◆ Exercise instructions: Could you say how many lines in the entries contain the string "decides"? Give only that number.

--- Task material Enclosed Below ---

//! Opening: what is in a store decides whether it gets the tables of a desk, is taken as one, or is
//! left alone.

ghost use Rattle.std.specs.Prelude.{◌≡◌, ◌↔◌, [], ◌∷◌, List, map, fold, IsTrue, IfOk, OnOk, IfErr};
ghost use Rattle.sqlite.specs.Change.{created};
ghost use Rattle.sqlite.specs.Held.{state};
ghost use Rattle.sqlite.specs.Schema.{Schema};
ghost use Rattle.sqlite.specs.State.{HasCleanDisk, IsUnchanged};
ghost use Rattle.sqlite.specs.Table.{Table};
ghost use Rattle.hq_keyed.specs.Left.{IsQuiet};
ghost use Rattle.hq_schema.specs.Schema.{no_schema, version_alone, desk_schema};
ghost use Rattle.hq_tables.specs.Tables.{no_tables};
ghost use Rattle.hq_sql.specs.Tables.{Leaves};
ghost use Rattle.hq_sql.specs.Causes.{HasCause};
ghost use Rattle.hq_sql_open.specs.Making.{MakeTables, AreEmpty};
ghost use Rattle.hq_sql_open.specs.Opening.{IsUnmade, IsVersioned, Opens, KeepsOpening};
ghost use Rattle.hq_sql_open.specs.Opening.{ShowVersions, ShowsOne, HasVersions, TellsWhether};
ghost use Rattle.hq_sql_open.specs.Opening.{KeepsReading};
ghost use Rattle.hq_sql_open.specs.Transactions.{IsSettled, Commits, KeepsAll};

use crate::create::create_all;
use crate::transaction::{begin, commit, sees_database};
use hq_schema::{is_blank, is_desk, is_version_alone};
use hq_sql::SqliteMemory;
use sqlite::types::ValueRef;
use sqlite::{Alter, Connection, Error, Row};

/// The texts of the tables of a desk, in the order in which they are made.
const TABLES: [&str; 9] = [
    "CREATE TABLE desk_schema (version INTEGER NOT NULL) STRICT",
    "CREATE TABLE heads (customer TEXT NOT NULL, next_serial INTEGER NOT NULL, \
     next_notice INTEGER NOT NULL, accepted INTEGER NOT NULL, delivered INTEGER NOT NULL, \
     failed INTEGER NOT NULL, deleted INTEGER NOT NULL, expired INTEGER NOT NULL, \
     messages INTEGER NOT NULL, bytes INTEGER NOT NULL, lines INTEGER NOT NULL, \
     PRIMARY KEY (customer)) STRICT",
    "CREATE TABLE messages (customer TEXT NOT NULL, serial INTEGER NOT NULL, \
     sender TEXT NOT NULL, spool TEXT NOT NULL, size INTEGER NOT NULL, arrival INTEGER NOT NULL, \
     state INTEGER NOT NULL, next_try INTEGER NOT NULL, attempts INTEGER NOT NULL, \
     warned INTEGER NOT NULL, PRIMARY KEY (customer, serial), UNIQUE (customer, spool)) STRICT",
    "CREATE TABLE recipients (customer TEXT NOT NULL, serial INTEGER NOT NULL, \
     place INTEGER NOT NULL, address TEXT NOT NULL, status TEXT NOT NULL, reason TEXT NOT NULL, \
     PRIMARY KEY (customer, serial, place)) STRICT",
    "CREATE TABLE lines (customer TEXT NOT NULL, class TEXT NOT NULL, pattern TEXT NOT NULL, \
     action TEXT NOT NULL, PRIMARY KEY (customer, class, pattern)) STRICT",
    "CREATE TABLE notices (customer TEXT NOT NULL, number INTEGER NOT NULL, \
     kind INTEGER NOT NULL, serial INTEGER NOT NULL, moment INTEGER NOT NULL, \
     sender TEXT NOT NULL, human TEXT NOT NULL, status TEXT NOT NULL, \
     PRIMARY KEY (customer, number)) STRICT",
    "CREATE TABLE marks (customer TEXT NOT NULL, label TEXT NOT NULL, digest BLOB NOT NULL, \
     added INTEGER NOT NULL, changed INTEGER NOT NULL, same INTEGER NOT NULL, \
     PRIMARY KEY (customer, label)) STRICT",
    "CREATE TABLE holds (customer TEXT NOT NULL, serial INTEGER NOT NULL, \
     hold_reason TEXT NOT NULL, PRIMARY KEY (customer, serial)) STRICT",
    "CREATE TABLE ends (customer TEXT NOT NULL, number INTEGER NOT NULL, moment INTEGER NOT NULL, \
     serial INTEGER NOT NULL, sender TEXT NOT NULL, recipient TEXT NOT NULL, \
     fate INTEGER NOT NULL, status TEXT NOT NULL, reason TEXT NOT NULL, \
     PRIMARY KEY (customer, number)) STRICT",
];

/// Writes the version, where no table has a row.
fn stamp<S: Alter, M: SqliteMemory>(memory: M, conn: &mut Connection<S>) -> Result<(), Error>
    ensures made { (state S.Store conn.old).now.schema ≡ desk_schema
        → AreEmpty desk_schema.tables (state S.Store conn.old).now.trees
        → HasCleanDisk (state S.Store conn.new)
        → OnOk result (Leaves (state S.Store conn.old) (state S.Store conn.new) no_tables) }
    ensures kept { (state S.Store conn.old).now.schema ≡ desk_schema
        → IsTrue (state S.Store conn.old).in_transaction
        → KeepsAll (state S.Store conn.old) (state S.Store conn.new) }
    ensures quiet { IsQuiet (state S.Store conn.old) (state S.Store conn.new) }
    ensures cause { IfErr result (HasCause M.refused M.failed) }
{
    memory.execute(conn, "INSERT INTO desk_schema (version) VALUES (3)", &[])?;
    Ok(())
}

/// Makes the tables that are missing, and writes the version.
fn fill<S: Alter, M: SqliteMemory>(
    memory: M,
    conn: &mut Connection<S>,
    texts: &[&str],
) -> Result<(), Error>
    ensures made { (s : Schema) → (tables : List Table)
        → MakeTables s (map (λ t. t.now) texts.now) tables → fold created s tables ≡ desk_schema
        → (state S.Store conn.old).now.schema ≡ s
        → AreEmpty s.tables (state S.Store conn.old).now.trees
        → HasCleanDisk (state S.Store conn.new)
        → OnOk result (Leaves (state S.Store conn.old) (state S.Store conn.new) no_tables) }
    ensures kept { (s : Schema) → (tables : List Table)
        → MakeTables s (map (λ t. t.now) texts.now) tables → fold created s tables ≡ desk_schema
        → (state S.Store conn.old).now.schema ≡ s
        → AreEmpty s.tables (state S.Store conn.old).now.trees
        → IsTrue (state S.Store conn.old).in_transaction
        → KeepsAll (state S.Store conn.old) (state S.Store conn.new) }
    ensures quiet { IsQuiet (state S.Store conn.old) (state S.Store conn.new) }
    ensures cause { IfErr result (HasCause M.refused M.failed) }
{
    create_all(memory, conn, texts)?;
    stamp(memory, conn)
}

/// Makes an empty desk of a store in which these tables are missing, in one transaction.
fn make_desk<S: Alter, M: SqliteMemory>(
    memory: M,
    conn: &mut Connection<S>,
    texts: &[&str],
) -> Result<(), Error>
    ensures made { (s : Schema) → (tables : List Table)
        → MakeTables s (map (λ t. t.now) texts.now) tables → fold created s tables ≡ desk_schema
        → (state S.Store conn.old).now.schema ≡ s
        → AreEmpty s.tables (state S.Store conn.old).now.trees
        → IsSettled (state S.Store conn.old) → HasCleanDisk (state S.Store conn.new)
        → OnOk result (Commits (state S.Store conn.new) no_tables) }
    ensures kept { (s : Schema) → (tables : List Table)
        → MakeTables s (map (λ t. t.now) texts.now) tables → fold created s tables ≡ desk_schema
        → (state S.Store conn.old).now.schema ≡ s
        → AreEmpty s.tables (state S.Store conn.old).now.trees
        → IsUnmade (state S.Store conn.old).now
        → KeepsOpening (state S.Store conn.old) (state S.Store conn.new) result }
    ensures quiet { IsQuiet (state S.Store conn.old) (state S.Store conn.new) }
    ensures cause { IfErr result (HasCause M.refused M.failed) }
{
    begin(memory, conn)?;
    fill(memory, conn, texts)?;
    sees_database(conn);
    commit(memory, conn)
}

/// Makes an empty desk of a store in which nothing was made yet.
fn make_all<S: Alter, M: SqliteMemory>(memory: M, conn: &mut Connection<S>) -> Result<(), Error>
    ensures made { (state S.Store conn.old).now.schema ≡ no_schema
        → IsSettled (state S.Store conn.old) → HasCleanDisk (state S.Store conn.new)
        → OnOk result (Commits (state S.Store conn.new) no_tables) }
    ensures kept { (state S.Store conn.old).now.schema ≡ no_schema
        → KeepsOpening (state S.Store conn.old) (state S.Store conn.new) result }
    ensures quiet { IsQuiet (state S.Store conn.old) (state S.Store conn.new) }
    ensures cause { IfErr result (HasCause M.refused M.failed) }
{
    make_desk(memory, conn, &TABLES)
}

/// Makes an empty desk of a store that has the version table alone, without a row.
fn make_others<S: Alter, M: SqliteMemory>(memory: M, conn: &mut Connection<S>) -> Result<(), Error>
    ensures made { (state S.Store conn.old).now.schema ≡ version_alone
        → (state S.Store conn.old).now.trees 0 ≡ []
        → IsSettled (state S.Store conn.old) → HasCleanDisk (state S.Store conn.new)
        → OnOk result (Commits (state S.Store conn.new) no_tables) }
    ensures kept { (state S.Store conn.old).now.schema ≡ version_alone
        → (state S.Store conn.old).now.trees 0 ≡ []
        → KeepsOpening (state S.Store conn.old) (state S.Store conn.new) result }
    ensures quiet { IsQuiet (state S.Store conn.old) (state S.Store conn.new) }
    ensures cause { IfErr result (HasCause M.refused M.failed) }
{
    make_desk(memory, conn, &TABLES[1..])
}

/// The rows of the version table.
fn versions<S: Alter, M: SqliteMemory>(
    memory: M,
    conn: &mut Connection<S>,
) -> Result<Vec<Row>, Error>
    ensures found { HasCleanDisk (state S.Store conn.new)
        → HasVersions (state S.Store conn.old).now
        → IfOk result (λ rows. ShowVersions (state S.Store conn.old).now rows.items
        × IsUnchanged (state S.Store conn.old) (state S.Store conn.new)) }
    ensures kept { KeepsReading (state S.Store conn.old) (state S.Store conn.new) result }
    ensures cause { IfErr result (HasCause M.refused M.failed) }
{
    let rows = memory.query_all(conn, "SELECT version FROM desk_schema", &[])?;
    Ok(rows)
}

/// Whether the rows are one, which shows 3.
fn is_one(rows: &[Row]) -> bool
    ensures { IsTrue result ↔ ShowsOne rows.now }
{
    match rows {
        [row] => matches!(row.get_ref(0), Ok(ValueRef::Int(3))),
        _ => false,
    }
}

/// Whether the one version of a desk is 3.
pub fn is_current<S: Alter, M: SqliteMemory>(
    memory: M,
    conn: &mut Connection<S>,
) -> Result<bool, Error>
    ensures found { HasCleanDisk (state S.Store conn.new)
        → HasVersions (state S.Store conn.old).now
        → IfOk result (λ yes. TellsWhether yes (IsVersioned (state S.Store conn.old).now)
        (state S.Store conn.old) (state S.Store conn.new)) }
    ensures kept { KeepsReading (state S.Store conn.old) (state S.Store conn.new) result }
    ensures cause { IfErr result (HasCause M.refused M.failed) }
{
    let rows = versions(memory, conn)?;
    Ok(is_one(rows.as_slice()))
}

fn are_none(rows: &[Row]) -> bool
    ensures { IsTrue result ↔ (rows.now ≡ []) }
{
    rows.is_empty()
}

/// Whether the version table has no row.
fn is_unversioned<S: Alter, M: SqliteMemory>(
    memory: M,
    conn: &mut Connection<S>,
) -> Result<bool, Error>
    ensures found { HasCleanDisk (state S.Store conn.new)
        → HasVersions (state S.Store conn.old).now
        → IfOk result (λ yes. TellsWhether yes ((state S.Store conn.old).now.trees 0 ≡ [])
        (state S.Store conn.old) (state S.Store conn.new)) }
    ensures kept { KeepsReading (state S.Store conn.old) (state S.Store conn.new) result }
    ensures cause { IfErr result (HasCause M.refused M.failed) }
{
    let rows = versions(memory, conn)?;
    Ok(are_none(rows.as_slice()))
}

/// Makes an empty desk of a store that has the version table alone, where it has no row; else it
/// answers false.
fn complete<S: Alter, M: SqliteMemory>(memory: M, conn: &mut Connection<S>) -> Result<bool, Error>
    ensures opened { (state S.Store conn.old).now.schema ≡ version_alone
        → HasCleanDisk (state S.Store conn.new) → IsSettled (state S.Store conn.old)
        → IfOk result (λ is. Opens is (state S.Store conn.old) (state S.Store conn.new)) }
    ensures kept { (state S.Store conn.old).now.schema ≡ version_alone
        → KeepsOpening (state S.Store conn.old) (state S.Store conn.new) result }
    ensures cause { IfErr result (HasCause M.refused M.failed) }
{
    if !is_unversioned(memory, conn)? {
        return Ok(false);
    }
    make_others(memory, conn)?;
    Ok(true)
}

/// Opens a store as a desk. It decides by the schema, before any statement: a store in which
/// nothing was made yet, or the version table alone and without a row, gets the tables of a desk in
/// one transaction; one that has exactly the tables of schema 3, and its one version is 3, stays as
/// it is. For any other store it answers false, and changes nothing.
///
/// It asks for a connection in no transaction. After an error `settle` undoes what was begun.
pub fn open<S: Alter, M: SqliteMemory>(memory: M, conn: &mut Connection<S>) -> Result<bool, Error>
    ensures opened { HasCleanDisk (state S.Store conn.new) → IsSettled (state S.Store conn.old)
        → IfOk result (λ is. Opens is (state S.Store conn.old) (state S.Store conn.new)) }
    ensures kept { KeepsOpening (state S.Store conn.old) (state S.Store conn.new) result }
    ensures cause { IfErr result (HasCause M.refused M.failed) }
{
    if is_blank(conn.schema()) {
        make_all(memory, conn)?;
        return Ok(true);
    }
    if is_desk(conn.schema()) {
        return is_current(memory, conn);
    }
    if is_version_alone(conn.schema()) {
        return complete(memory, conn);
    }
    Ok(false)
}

--- End of Enclosed Task material ---

◆ Completed task: 2